Of course, both of these functions require initiative and humility on the part of authors, and effort and goodwill on the part of those involved in evaluating scholarship–both before and after publication.  These can be serious obstacles: nobody likes to volunteer for criticism; advising law review editors is an often thankless burden on busy faculty; and it can be difficult to promptly and thoroughly respond to legitimate requests for comment from colleagues–I’ve often failed in this regard myself.  But it seems to me that these obstacles would still exist in a world where formal peer review was the norm, they would just manifest themselves in different ways, and with less transparency (see the SAGE investigation I noted at the outset).

Conversely, if the legal academy did move wholesale to the peer-review model that prevails in other disciplines I think we would lose a key function that law reviews historically served (if only with varying success)–the education and professional socialization of the students who edit them.  I know that my service as a law review editor was far and away the most useful element of my preparation for life as a practicing lawyer and as a legal academic–far more useful than anything else I did as a law student, including my summer internships.  And I don’t see how this “perhaps most important” feature of the traditional law review gets replaced in a world where law professors rely entirely on one another for the editorial functions of the scholarly enterprise. For all the complaints these days about the impracticality of contemporary legal education and scholarship, I’d hate to see an institution I view as having great practical educational advantages abandoned for the uncertain promise of marginally better reputational metrics or marginally more structured professional engagement with pre-publication scholarship.

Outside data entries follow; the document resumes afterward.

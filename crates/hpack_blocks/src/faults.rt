ghost use Rattle.std.specs.Prelude.{◌≡◌};

use std::alloc::{AllocError, AllocFailed};
use thiserror::Error;

/// Why a block gives no fields.
#[derive(Clone, Copy, Debug, PartialEq, Eq, Error)]
pub enum BlockFault {
    /// An allocation was refused. Every later block is answered so too.
    #[error("out of memory")]
    Memory,
    /// The block isn't in the grammar of HPACK, or an earlier one wasn't.
    #[error("a block that isn't in the grammar of HPACK")]
    BadBlock,
    /// The block is good, and the size of its list of fields, which this carries, is above 16,384.
    #[error("a list of fields of size {size}")]
    TooLarge { size: u64 },
}

impl From<AllocError> for BlockFault {
    ghost use Rattle.hpack_blocks.specs.declared.faults.BlockFault.TheVariants.{Memory};

    ghost from_gives = { λ _ e. e ≡ Memory };

    fn from(_refused: AllocError) -> BlockFault {
        BlockFault::Memory
    }
}

impl<T: Drop> From<AllocFailed<T>> for BlockFault {
    ghost use Rattle.hpack_blocks.specs.declared.faults.BlockFault.TheVariants.{Memory};

    ghost from_gives = { λ _ e. e ≡ Memory };

    fn from(_refused: AllocFailed<T>) -> BlockFault {
        BlockFault::Memory
    }
}

impl From<outside::Memory> for BlockFault {
    ghost use Rattle.hpack_blocks.specs.declared.faults.BlockFault.TheVariants.{Memory};

    ghost from_gives = { λ _ e. e ≡ Memory };

    fn from(_refused: outside::Memory) -> BlockFault {
        BlockFault::Memory
    }
}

So while I’m happy to make room for peer-reviewed journals in the big and growing tent of legal scholarship, I don’t see any need for them to supplant student-edited reviews as the leading, let alone the only, journals in the field. The historical accidents that produced today’s legal academic journals have generated some extraordinary opportunities for many of our students; I for one find it very difficult to justify making those opportunities scarcer or less meaningful.